START RECORDS PROVIDED

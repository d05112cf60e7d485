//! The copies of a file.

ghost use Rattle.std.specs.Prelude.{IfErr, IfOk, map};
ghost use Rattle.jls_io.specs.Event.{GrewBy};
ghost use Rattle.jls_station.specs.CopyFiles.{copies_of, AreCopiesRead, StopsAmongCopies};

use crate::copy::{CopyCause, CopyFile, CopyRefusal, open_and_read_copy};
use jls_io::Desk;
use std::alloc::Global;

/// Opens the copies of these names in turn, and reads each to its end. It stops at the first that is not taken.
pub fn read_copies<'a, D: Desk>(
    alloc: Global,
    desk: &mut D,
    names: &[&'a str],
) -> Result<Vec<CopyFile>, CopyRefusal<'a>>
    ensures read { IfOk result (λ copies.
        GrewBy (AreCopiesRead (map (λ n. n.now) names.now) (copies_of copies.items)) (D.history desk.old) (D.history desk.new)) }
    ensures stopped { IfErr result (λ refusal.
        GrewBy (StopsAmongCopies (map (λ n. n.now) names.now) refusal) (D.history desk.old) (D.history desk.new)) }
{
    let mut copies = Vec::new(alloc);
    for name in names {
        let copy = match open_and_read_copy(alloc, desk, name) {
            Ok(copy) => copy,
            Err(cause) => return Err(CopyRefusal { name, cause }),
        };
        match copies.push(copy) {
            Ok(()) => {}
            Err(_) => {
                let cause = CopyCause::OutOfMemory;
                return Err(CopyRefusal { name, cause });
            }
        }
    }
    Ok(copies)
}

END RECORDS PROVIDED

→ YOUR ASSIGNMENT
Exactly the lines from the one containing "let copy = match" to the last line of the entries above must be duplicated, with both of those lines included and nothing more.

→ ANSWER BOX
        let copy = match open_and_read_copy(alloc, desk, name) {
            Ok(copy) => copy,
            Err(cause) => return Err(CopyRefusal { name, cause }),
        };
        match copies.push(copy) {
            Ok(()) => {}
            Err(_) => {
                let cause = CopyCause::OutOfMemory;
                return Err(CopyRefusal { name, cause });
            }
        }
    }
    Ok(copies)
}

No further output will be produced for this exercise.